[Problem requirements]:
Where the records below show the word "those" in a line, please copy that line.
***** Entries supplied *****
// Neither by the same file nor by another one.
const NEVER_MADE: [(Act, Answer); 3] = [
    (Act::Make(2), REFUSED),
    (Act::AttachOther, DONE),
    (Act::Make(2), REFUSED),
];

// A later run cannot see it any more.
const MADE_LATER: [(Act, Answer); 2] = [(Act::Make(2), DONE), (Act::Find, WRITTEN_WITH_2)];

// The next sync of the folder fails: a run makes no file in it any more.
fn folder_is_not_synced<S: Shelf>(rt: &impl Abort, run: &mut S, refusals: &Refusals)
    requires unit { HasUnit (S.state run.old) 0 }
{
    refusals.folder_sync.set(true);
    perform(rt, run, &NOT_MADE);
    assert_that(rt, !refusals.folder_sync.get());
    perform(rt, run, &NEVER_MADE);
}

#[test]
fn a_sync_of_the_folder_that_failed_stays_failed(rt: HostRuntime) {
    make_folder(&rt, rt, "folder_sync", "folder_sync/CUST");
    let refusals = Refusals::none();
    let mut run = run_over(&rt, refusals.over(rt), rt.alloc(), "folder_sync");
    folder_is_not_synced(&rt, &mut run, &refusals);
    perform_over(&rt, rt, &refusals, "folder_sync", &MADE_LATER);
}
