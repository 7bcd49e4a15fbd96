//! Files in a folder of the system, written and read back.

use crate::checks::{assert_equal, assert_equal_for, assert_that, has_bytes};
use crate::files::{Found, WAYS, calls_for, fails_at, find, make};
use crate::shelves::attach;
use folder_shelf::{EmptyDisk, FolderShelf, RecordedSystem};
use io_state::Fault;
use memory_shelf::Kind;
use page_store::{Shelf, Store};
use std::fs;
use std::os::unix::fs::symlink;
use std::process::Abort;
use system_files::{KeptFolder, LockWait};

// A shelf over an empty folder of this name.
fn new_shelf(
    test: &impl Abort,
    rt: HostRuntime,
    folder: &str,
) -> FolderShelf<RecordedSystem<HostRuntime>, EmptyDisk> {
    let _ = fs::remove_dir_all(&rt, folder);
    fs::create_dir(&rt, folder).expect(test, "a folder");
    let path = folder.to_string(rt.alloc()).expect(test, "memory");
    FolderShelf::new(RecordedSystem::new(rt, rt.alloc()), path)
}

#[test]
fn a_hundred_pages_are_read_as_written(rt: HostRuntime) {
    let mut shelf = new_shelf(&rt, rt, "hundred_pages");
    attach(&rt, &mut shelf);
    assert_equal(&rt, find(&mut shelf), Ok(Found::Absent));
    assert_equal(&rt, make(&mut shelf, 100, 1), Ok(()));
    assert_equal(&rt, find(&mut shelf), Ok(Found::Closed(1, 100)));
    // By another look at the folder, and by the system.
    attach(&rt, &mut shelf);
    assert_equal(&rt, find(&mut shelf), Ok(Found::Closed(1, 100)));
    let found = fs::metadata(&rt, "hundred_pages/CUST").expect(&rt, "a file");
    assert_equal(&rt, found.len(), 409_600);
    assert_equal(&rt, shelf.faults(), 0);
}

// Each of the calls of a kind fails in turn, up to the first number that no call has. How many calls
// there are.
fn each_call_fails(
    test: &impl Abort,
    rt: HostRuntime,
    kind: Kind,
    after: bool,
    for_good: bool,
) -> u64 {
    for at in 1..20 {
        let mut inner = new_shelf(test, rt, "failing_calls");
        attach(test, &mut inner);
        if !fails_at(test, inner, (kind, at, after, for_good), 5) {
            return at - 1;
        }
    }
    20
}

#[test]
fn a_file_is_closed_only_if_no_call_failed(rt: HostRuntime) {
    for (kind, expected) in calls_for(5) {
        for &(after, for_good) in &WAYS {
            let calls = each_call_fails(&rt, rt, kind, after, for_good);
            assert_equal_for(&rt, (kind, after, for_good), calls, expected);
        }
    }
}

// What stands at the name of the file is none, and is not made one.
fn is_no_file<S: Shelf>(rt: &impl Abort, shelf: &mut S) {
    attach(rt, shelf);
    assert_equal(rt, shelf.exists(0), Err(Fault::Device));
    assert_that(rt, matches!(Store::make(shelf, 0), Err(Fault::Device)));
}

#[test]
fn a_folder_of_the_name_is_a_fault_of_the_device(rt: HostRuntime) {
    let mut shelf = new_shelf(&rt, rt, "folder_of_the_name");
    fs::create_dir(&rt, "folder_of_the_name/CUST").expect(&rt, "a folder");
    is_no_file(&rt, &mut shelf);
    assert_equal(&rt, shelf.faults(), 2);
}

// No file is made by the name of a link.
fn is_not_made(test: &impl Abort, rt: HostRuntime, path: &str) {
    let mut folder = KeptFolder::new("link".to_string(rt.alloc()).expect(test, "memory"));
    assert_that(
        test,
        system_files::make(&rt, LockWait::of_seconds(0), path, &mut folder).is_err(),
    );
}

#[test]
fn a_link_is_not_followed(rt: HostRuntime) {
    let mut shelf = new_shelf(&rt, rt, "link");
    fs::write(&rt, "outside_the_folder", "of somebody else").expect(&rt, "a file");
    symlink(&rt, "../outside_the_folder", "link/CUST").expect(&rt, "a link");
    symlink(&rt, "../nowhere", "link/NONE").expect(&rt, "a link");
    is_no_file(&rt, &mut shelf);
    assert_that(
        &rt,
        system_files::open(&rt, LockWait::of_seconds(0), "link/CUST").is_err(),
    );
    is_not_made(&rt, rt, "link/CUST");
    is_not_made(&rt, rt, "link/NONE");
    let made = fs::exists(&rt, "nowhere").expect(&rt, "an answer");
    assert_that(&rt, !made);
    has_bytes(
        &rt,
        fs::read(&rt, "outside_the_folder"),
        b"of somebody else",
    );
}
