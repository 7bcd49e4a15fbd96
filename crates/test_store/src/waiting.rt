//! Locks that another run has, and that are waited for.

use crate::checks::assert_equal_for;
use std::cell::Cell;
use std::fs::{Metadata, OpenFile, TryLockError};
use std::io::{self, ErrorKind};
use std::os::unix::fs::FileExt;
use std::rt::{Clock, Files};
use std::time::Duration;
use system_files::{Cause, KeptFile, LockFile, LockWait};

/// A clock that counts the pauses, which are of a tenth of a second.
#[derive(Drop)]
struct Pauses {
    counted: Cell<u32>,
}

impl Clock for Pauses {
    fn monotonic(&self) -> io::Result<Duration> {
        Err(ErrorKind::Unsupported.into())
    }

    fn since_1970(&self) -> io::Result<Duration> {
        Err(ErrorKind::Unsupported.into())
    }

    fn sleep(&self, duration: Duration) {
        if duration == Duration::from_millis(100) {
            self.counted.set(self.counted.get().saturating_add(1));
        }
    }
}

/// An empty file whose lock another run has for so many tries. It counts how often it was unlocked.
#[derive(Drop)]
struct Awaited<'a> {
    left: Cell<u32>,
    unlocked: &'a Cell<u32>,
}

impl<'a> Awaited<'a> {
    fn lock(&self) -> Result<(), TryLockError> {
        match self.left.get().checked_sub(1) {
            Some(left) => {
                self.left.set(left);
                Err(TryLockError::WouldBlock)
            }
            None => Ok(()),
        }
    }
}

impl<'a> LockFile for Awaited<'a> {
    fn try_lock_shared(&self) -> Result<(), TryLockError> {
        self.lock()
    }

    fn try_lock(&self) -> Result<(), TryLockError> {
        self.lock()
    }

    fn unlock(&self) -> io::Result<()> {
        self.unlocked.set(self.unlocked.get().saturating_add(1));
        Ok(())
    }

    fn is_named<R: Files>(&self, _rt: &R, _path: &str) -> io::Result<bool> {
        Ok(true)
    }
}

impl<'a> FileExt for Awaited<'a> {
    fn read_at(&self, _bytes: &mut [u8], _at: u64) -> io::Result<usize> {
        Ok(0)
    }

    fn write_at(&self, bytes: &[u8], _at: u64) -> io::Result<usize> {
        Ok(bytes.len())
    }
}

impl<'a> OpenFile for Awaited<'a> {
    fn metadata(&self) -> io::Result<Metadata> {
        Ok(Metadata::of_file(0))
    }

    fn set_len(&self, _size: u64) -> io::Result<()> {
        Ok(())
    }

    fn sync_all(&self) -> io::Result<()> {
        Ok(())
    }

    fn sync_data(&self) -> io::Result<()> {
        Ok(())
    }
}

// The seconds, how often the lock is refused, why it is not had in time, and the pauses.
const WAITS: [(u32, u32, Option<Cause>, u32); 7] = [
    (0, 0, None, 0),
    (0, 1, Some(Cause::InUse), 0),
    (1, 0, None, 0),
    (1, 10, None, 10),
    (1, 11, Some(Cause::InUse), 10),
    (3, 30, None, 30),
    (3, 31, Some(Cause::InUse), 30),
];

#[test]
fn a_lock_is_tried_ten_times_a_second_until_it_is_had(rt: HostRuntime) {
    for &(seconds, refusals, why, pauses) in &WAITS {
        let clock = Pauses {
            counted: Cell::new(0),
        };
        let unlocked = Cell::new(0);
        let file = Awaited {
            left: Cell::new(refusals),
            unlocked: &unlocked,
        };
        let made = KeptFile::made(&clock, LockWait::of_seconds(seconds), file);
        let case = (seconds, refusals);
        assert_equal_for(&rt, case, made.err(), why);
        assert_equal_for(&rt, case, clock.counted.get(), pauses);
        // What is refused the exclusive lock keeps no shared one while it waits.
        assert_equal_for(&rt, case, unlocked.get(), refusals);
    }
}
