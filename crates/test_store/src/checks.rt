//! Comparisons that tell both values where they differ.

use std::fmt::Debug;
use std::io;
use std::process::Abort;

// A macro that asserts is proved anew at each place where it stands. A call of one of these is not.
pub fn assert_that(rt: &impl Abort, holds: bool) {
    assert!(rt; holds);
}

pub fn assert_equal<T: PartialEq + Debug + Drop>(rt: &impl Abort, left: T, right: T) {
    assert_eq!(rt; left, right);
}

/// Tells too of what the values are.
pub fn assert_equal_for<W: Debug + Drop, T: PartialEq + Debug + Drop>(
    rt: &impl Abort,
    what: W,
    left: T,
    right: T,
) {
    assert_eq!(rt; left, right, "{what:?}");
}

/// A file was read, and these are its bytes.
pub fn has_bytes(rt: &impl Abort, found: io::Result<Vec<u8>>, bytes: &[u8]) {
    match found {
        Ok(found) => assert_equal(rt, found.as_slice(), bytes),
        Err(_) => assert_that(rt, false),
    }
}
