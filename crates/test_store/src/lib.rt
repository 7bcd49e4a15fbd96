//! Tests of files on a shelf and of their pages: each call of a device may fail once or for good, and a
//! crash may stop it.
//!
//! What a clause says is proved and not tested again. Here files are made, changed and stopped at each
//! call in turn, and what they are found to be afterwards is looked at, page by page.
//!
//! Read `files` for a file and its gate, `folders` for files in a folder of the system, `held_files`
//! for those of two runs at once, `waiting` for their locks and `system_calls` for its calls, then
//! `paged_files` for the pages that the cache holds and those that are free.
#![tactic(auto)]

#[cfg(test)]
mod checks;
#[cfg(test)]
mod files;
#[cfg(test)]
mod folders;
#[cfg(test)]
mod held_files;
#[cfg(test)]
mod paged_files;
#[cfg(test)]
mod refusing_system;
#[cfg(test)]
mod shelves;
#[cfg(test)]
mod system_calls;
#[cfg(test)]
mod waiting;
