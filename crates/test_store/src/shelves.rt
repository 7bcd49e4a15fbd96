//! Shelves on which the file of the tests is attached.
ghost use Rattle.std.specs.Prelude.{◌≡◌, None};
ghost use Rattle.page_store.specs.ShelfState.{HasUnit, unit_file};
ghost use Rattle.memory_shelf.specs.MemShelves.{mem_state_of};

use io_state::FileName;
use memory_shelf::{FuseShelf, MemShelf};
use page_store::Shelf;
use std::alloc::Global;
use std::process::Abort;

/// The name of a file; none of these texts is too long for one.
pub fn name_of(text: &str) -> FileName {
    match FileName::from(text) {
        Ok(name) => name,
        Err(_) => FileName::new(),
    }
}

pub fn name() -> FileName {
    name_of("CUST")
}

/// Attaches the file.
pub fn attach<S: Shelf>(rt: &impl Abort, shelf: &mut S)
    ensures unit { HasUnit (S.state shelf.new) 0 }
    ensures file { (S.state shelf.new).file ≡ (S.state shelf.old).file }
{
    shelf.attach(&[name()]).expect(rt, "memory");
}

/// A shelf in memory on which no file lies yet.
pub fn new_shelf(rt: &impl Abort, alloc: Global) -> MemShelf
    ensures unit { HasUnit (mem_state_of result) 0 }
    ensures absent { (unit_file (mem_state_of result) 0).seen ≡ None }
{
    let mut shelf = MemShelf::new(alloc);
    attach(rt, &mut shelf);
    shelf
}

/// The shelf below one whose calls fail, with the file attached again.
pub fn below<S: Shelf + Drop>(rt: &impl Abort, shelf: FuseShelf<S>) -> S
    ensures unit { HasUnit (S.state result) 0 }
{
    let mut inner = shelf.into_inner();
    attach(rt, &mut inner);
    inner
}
*****
[Answer to this exercise]:
//! for those of two runs at once, `waiting` for their locks and `system_calls` for its calls, then
//! `paged_files` for the pages that the cache holds and those that are free.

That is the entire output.